*** Block opens ***

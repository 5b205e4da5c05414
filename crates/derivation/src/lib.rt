// The session MAC key that both sides of AuthenticateEV2First make of their key and their random numbers.
#![tactic(auto)]

ghost use Rattle.std.specs.Prelude.{◌≡◌, take};
ghost use Rattle.wire.specs.Bytes.{part};
ghost use Rattle.derivation.specs.Derivation.{xored, session_vector, mac_key};

// Bytes 2 to 7 of a and 0 to 5 of b, exclusive or.
fn mixed(a: [u8; 16], b: [u8; 16]) -> [u8; 6]
    ensures { result ≡ xored (part a 2 8) (take 6 b) }
{
    std::array::from_fn(|i| a[i + 2] ^ b[i])
}

fn session_vector(a: [u8; 16], b: [u8; 16]) -> [u8; 32]
    ensures { result ≡ session_vector a b }
{
    let six = mixed(a, b);
    let mut v = [0u8; 32];
    wire::lay(&mut v, 0, &[0x5A, 0xA5, 0x00, 0x01, 0x00, 0x80]);
    wire::lay(&mut v, 6, &a[0..2]);
    wire::lay(&mut v, 8, &six);
    wire::lay(&mut v, 14, &b[6..16]);
    wire::lay(&mut v, 24, &a[8..16]);
    v
}

// The session MAC key of K, RndA and RndB.
pub fn mac_key(k: [u8; 16], a: [u8; 16], b: [u8; 16]) -> [u8; 16]
    ensures { result ≡ mac_key k a b }
{
    let v = session_vector(a, b);
    cmac::tag(k, &v, &k[0..0])
}
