// The label of a whole table, summed in the pass that checks it, so that the ids are read once.
#![tactic(auto)]

ghost use Rattle.std.specs.Prelude.{◌≡◌};
ghost use Rattle.label.specs.Code.{label_in};
ghost use Rattle.table.specs.Answer.{answer};
ghost use Rattle.table.specs.Table.{judge_table};
ghost use Rattle.table.specs.Code.{answer_by, lent};
ghost use Rattle.ends.specs.Opener.{table_label};

use label::Label;
use table::Refusal;
use table::check::{check_start, next_rises};

// Checks 1 and 2, and the label of all items.
pub fn check_and_label(times: &[u64], ids: &[u8]) -> Result<Label, Refusal>
    ensures { answer_by label_in result ≡ judge_table (lent times.now ids.now) (answer (table_label (lent times.now ids.now))) }
{
    check_start(times, ids)?;
    let mut label = Label::of_id(ids);
    for i in 1..times.len() {
        if !next_rises(times, ids, i - 1) {
            return Err(Refusal::TableOrder);
        }
        label = label.add(Label::of_id(&ids[i * 32..]));
    }
    Ok(label)
}
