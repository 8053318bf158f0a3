// The program `replay`: a call script on standard input, its printout on standard output.
#![tactic(auto)]

use script::{input, replay};
use std::io;

// A script of more than 32,768 bytes is bad: one more byte is read to see that, and the rest is not read.
fn main(rt: HostRuntime) -> io::Result<()> {
    let mut file = [0u8; 32769];
    let n = input::read_full(&mut rt.stdin(), &mut file);
    let report = replay::replay(rt.stdout(), &file[..n]);
    if !report.written {
        eprintln!(rt; "replay: standard output did not take the whole printout")?;
    }
    Ok(())
}
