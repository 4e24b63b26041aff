//! What was counted, as lines.

use crate::escaping::put_plain;
use sim_happenings::{KINDS, ScriptRecord, SpaceCounts};
use std::alloc::{AllocError, Global};

/// Returns a line for each space: `stats S events=E instructions=I made=M withdrawn=W frames=F`, and after it `KIND=N` for each kind of
/// frame that it sent.
pub fn put_counts(alloc: Global, record: &ScriptRecord) -> Result<String, AllocError> {
    let mut out = String::new(alloc);
    for (name, counts) in record.names().iter().zip(record.counts()) {
        put_space(&mut out, name, counts)?;
    }
    Ok(out)
}

fn put_space(out: &mut String, name: &str, counts: &SpaceCounts) -> Result<(), AllocError> {
    out.push_str("stats ")?;
    put_plain(out, name)?;
    let (events, instructions) = (counts.events, counts.instructions);
    let (made, withdrawn, frames) = (counts.made(), counts.withdrawn, counts.all_frames());
    write!(
        out,
        " events={events} instructions={instructions} made={made} withdrawn={withdrawn} frames={frames}"
    )?;
    for kind in KINDS {
        let sent = counts.frames(kind);
        if sent > 0 {
            write!(out, " {kind}={sent}")?;
        }
    }
    out.push('\n')
}
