//! The code of a method, with the frame before each instruction.

use cf_disassembly::{CodeWalk, Shown, write_instruction};
use cf_explain::{SourceLines, source_lines};
use cf_insns::{CodeFault, Insn, decode};
use cf_reader::{ClassFile, Code, Method};
use cls_explain::KnownClass;
use std::alloc::{AllocError, Global};

/// Writes the limits of a method, which is that of this index, and its code, if it has one.
pub(crate) fn write_code(
    alloc: Global,
    page: &mut String,
    found: &KnownClass<'_>,
    method: &Method,
    index: usize,
) -> Result<(), AllocError> {
    let Some(code) = &*method.code else {
        return page.push_str(": no code\n");
    };
    writeln!(
        page,
        ": max_stack {}, max_locals {}",
        code.max_stack, code.max_locals
    )?;
    let bytes = code.bytes.as_slice();
    if bytes.len() > 65_535 {
        return Ok(());
    }
    let lines = source_lines(alloc, found.source.bytes, index)?;
    match decode(alloc, bytes) {
        Ok(listing) => {
            write_listing(
                alloc,
                page,
                found.class.file(),
                method,
                code,
                &listing,
                &lines,
            )
        }
        Err(CodeFault::Broken { rule, at }) => writeln!(page, "  refused at {at}: {rule}"),
        Err(CodeFault::Memory) => Err(AllocError),
    }
}

fn write_listing(
    alloc: Global,
    page: &mut String,
    class: &ClassFile,
    method: &Method,
    code: &Code,
    listing: &[(u16, Insn)],
    lines: &SourceLines,
) -> Result<(), AllocError> {
    let mut walk = CodeWalk::new(alloc, class, method, code)?;
    let mut last = None;
    for (at, insn) in listing {
        let line = lines.line(*at);
        if line != last {
            write_line(page, lines, line)?;
            last = line;
        }
        walk.enter(*at)?;
        match &walk.frame {
            Some(frame) => writeln!(page, "      {frame}")?,
            None => page.push_str("      no frame\n")?,
        }
        page.push_str("    ")?;
        write_instruction(page, class, code.bytes.as_slice(), *at, insn)?;
        page.push_str("\n")?;
        walk.leave(*at, insn)?;
    }
    Ok(())
}

fn write_line(page: &mut String, lines: &SourceLines, line: Option<u16>) -> Result<(), AllocError> {
    match (line, &lines.file) {
        (Some(line), Some(file)) => writeln!(page, "  {}, line {line}:", Shown(file.as_bytes())),
        (Some(line), None) => writeln!(page, "  line {line}:"),
        (None, _) => Ok(()),
    }
}
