//! Which of a class set is shown.

use crate::class::{write_class, write_heading};
use crate::code::write_code;
use cf_disassembly::Shown;
use cf_reader::{ClassFile, Method, Numbered, ReadFault};
use cls_explain::{
    ClassSource, KnownClass, KnownClasses, NearestNames, write_method, write_near_classes,
};
use std::alloc::{AllocError, Global};

/// What is shown, or why it is not there.
#[derive(Drop)]
pub enum ShowAnswer {
    Text(String),
    /// The set has no such class, or the class no such method.
    Absent(String),
}

/// Returns the classes of these class files, a line each in the order of their names, and the files that are none; or the members of a class; or the
/// code of the methods of it that have a name, or a name and descriptor.
pub fn show(
    alloc: Global,
    sources: &[ClassSource<'_>],
    class: Option<&str>,
    method: Option<&str>,
) -> Result<ShowAnswer, AllocError> {
    let known = KnownClasses::new(alloc, sources)?;
    let Some(name) = class else {
        return show_classes(alloc, &known);
    };
    let Some(found) = known.read_class(name.as_bytes()) else {
        return absent_class(alloc, &known, name);
    };
    match method {
        Some(method) => show_methods(alloc, found, method.as_bytes()),
        None => {
            let mut page = String::new(alloc);
            write_class(alloc, &mut page, &known, found.class.file())?;
            Ok(ShowAnswer::Text(page))
        }
    }
}

fn show_classes(alloc: Global, known: &KnownClasses<'_>) -> Result<ShowAnswer, AllocError> {
    let mut lines: Vec<String> = Vec::new(alloc);
    for found in &known.classes {
        let mut line = String::new(alloc);
        write_heading(alloc, &mut line, known, found.class.file())?;
        lines.push(line)?;
    }
    lines.sort()?;
    let mut page = String::new(alloc);
    for line in &lines {
        writeln!(page, "{line}")?;
    }
    write_unread(&mut page, known)?;
    Ok(ShowAnswer::Text(page))
}

fn write_unread(page: &mut String, known: &KnownClasses<'_>) -> Result<(), AllocError> {
    for file in &known.unread {
        let path = Shown(file.path.as_bytes());
        if let ReadFault::Broken { rule, at } = file.fault {
            writeln!(page, "{path}: refused at {at}: {} {rule}", rule.number())?;
        }
    }
    Ok(())
}

fn absent_class(
    alloc: Global,
    known: &KnownClasses<'_>,
    name: &str,
) -> Result<ShowAnswer, AllocError> {
    let mut page = format!(in alloc; "no class {}\n", Shown(name.as_bytes()))?;
    write_near_classes(alloc, &mut page, known, name.as_bytes())?;
    write_unread(&mut page, known)?;
    Ok(ShowAnswer::Absent(page))
}

// The code of each method that a text names.
fn show_methods(
    alloc: Global,
    found: &KnownClass<'_>,
    text: &[u8],
) -> Result<ShowAnswer, AllocError> {
    let class = found.class.file();
    let mut page = String::new(alloc);
    let mut is_there = false;
    for (index, method) in class.methods.as_slice().iter().enumerate() {
        if is_named(method, text) {
            is_there = true;
            write_method(&mut page, method)?;
            write_code(alloc, &mut page, found, method, index)?;
        }
    }
    if is_there {
        Ok(ShowAnswer::Text(page))
    } else {
        absent_method(alloc, class, text)
    }
}

// Whether a text is a method's name, or its name and descriptor, joined.
fn is_named(method: &Method, text: &[u8]) -> bool {
    let name = method.name.as_bytes();
    match text.strip_prefix(name) {
        Some(rest) => rest.is_empty() || method.descriptor.is(rest),
        None => false,
    }
}

fn absent_method(alloc: Global, class: &ClassFile, text: &[u8]) -> Result<ShowAnswer, AllocError> {
    let mut page = format!(in alloc; "no method {}\n", Shown(text))?;
    let mut nearest = NearestNames::new(alloc, text);
    for method in class.methods.as_slice() {
        nearest.add(method.name.as_bytes())?;
    }
    nearest.write(&mut page)?;
    Ok(ShowAnswer::Absent(page))
}
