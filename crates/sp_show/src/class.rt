//! A class and its members.

use cf_disassembly::Shown;
use cf_reader::{ClassFile, Field, Flags};
use cls_explain::{KnownClasses, write_field, write_method};
use std::alloc::{AllocError, Global};

/// Writes what a class is and which its supertypes are, in one line that is not ended.
pub(crate) fn write_heading(
    alloc: Global,
    page: &mut String,
    known: &KnownClasses<'_>,
    class: &ClassFile,
) -> Result<(), AllocError> {
    let name = class.name.as_bytes();
    write!(page, "{}: ", Shown(name))?;
    if known.is_below(alloc, name, b"java/rmi/Remote")? {
        page.push_str("remote ")?;
    }
    if class.flags.has(Flags::INTERFACE) {
        page.push_str("interface")?;
    } else if class.flags.has(Flags::ABSTRACT) {
        page.push_str("abstract class")?;
    } else {
        page.push_str("class")?;
    }
    write_supertypes(page, class)
}

fn write_supertypes(page: &mut String, class: &ClassFile) -> Result<(), AllocError> {
    if let Some(superclass) = &class.superclass
        && !superclass.is(b"java/lang/Object")
    {
        write!(page, ", extends {}", Shown(superclass.as_bytes()))?;
    }
    let relation = if class.flags.has(Flags::INTERFACE) {
        "extends"
    } else {
        "implements"
    };
    for interface in class.interfaces.as_slice() {
        write!(page, ", {relation} {}", Shown(interface.as_bytes()))?;
    }
    Ok(())
}

/// Writes a class with its fields, inherited ones too, and its methods.
pub(crate) fn write_class(
    alloc: Global,
    page: &mut String,
    known: &KnownClasses<'_>,
    class: &ClassFile,
) -> Result<(), AllocError> {
    write_heading(alloc, page, known, class)?;
    page.push_str("\n")?;
    write_fields(alloc, page, known, class)?;
    for method in class.methods.as_slice() {
        page.push_str("  method ")?;
        write_method(page, method)?;
        page.push_str("\n")?;
    }
    Ok(())
}

// The classes from the highest superclass down to the class itself, as far as they are at hand.
fn line_of<'a>(
    alloc: Global,
    known: &'a KnownClasses<'_>,
    class: &'a ClassFile,
) -> Result<Vec<&'a ClassFile>, AllocError> {
    let mut line = vec![in alloc; class]?;
    let mut lowest = class;
    for _ in 0..known.classes.len() {
        let Some(superclass) = &lowest.superclass else {
            break;
        };
        let Some(next) = known.class(superclass.as_bytes()) else {
            break;
        };
        line.push(next)?;
        lowest = next;
    }
    line.reverse();
    Ok(line)
}

// The slots of instance fields count from 0, those of superclasses first.
fn write_fields(
    alloc: Global,
    page: &mut String,
    known: &KnownClasses<'_>,
    class: &ClassFile,
) -> Result<(), AllocError> {
    let mut slot: u32 = 0;
    for holder in line_of(alloc, known, class)? {
        for field in holder.fields.as_slice() {
            write_slot(page, field, slot)?;
            if !holder.name.is(class.name.as_bytes()) {
                write!(page, ", of {}", Shown(holder.name.as_bytes()))?;
            }
            page.push_str("\n")?;
            if !field.flags.has(Flags::STATIC) {
                slot = slot.saturating_add(1);
            }
        }
    }
    Ok(())
}

fn write_slot(page: &mut String, field: &Field, slot: u32) -> Result<(), AllocError> {
    page.push_str("  field ")?;
    write_field(page, field)?;
    match field.constant {
        Some(value) => write!(page, " = {value}"),
        None if field.flags.has(Flags::STATIC) => Ok(()),
        None => write!(page, ", slot {slot}"),
    }
}
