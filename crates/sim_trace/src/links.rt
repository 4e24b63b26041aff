//! Connections, with what is on its way on each.

use sim_happenings::LinkEnd;
use std::alloc::{AllocError, Global};
use std::collections::VecDeque;

// A frame on its way: its arrow, and the index of what happened as it was sent.
#[derive(Clone, Copy)]
pub(crate) struct Travelling {
    pub arrow: usize,
    pub sent: usize,
}

// What goes towards one end of a connection: the frames, and the arrow that says that the other end has ended. An end that has ended
// itself gets nothing more.
#[derive(Drop)]
pub(crate) struct Way {
    pub frames: VecDeque<Travelling>,
    pub ending: Option<usize>,
    pub is_over: bool,
}

// A connection: the lanes of its ends, the arrow of its opening, and what goes towards each end.
#[derive(Drop)]
pub(crate) struct Link {
    pub dialler: usize,
    pub dialled: usize,
    pub opening: usize,
    to_dialler: Way,
    to_accepter: Way,
}

impl Way {
    fn new(alloc: Global) -> Way {
        Way {
            frames: VecDeque::new(alloc),
            ending: None,
            is_over: false,
        }
    }
}

impl Link {
    // A connection on which nothing is on its way.
    pub fn new(alloc: Global, dialler: usize, dialled: usize, opening: usize) -> Link {
        Link {
            dialler,
            dialled,
            opening,
            to_dialler: Way::new(alloc),
            to_accepter: Way::new(alloc),
        }
    }

    // The lane of an end.
    pub fn lane(&self, end: LinkEnd) -> usize {
        match end {
            LinkEnd::Dialler => self.dialler,
            LinkEnd::Accepter => self.dialled,
        }
    }

    // What goes towards an end.
    pub fn way_mut(&mut self, to: LinkEnd) -> &mut Way {
        match to {
            LinkEnd::Dialler => &mut self.to_dialler,
            LinkEnd::Accepter => &mut self.to_accepter,
        }
    }

    // Whether an end has ended.
    pub fn is_over(&self, end: LinkEnd) -> bool {
        match end {
            LinkEnd::Dialler => self.to_dialler.is_over,
            LinkEnd::Accepter => self.to_accepter.is_over,
        }
    }

    // A frame leaves for an end.
    pub fn send(&mut self, to: LinkEnd, frame: Travelling) -> Result<(), AllocError> {
        self.way_mut(to).frames.push_back(frame)?;
        Ok(())
    }
}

*** Block closes ***

- Requirement
Every line above in which the word "ending" occurs needs to be copied.

- Response to the task
    pub ending: Option<usize>,
            ending: None,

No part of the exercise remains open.